_Exercise details_
Please reproduce exactly the lines from the start of the records through the one containing "use pdll_syntax::stmt::Param;", and nothing more.

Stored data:
______
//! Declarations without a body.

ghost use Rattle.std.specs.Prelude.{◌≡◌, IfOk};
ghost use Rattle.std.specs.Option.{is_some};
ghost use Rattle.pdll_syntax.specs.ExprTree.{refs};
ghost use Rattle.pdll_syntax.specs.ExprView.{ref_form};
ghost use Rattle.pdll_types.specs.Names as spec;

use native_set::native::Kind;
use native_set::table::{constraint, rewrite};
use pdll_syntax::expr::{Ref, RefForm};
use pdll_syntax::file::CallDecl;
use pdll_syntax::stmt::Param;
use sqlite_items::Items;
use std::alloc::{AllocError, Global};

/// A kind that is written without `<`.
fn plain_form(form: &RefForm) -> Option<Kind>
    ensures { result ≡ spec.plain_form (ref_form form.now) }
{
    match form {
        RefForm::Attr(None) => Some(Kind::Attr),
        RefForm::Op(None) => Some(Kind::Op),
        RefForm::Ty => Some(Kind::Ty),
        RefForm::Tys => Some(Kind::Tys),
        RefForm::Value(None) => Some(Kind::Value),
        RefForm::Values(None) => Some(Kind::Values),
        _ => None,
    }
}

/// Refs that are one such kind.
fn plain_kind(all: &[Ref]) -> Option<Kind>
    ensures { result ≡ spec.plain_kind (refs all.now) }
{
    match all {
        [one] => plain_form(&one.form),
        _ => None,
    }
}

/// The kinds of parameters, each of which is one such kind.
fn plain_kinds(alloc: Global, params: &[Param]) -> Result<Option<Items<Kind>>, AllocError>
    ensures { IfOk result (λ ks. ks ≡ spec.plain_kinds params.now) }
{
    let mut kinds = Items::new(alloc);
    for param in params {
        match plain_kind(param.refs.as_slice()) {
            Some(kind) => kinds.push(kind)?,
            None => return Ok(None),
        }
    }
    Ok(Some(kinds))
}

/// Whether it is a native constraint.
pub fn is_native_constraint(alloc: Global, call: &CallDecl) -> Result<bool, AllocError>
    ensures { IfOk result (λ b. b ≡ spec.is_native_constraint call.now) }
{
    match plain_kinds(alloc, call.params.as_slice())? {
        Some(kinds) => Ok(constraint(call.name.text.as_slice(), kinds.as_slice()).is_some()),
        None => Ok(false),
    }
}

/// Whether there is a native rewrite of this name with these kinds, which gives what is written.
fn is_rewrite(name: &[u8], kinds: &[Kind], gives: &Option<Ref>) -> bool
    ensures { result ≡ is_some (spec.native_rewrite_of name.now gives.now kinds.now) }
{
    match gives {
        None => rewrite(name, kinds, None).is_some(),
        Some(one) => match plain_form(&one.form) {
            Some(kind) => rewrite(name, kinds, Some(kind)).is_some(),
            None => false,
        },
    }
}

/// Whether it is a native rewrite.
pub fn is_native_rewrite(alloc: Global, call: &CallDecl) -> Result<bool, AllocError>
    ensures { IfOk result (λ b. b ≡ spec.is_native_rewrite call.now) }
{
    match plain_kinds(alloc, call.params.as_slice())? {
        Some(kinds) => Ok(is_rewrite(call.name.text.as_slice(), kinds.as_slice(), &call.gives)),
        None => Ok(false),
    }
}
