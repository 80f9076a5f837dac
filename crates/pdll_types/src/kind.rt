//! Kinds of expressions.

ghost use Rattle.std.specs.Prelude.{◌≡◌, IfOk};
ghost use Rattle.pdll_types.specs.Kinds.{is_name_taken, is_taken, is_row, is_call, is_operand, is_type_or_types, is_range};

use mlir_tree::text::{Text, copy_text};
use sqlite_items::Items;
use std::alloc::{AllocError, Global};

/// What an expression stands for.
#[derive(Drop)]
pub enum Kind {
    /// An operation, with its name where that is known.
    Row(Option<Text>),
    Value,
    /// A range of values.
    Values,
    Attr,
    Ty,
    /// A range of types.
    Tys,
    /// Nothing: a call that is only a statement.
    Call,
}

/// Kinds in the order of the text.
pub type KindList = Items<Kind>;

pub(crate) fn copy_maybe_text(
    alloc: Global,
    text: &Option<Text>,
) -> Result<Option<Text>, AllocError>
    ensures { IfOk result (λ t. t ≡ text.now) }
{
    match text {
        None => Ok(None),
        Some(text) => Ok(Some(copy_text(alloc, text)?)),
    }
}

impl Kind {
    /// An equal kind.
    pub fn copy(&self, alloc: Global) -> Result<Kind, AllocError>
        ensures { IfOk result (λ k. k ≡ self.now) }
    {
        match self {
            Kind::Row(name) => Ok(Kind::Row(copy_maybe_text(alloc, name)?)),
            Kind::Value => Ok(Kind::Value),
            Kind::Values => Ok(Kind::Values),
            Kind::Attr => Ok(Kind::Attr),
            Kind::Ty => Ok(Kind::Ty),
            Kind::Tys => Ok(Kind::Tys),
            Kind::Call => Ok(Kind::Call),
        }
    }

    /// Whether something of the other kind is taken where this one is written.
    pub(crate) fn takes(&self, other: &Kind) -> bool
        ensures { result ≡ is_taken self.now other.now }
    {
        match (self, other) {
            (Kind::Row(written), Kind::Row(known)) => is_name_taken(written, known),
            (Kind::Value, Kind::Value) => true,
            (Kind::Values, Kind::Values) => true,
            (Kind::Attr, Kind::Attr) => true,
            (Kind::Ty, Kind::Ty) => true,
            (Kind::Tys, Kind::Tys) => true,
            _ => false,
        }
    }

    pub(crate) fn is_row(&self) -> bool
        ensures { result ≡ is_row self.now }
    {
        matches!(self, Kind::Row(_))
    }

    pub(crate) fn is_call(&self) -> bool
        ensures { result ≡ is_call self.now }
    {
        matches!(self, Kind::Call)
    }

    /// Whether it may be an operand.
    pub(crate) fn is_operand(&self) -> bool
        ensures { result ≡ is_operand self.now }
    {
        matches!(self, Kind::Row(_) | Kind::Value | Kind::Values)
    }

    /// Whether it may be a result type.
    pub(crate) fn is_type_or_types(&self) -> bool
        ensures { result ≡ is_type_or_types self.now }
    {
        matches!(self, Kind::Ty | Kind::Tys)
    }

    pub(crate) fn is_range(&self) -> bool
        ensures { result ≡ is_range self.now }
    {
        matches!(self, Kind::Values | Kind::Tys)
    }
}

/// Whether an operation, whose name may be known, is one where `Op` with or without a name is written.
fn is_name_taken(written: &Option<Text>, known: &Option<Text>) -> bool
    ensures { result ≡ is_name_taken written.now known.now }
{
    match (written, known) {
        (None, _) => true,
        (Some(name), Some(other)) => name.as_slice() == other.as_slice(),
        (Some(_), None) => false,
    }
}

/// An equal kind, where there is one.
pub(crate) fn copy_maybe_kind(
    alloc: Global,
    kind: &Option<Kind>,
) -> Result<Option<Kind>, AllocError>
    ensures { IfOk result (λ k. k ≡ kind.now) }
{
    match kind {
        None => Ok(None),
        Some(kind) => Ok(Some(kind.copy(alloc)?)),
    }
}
______
_Output of the exercise_
//! Declarations without a body.

ghost use Rattle.std.specs.Prelude.{◌≡◌, IfOk};
ghost use Rattle.std.specs.Option.{is_some};
ghost use Rattle.pdll_syntax.specs.ExprTree.{refs};
ghost use Rattle.pdll_syntax.specs.ExprView.{ref_form};
ghost use Rattle.pdll_types.specs.Names as spec;

use native_set::native::Kind;
use native_set::table::{constraint, rewrite};
use pdll_syntax::expr::{Ref, RefForm};
use pdll_syntax::file::CallDecl;
use pdll_syntax::stmt::Param;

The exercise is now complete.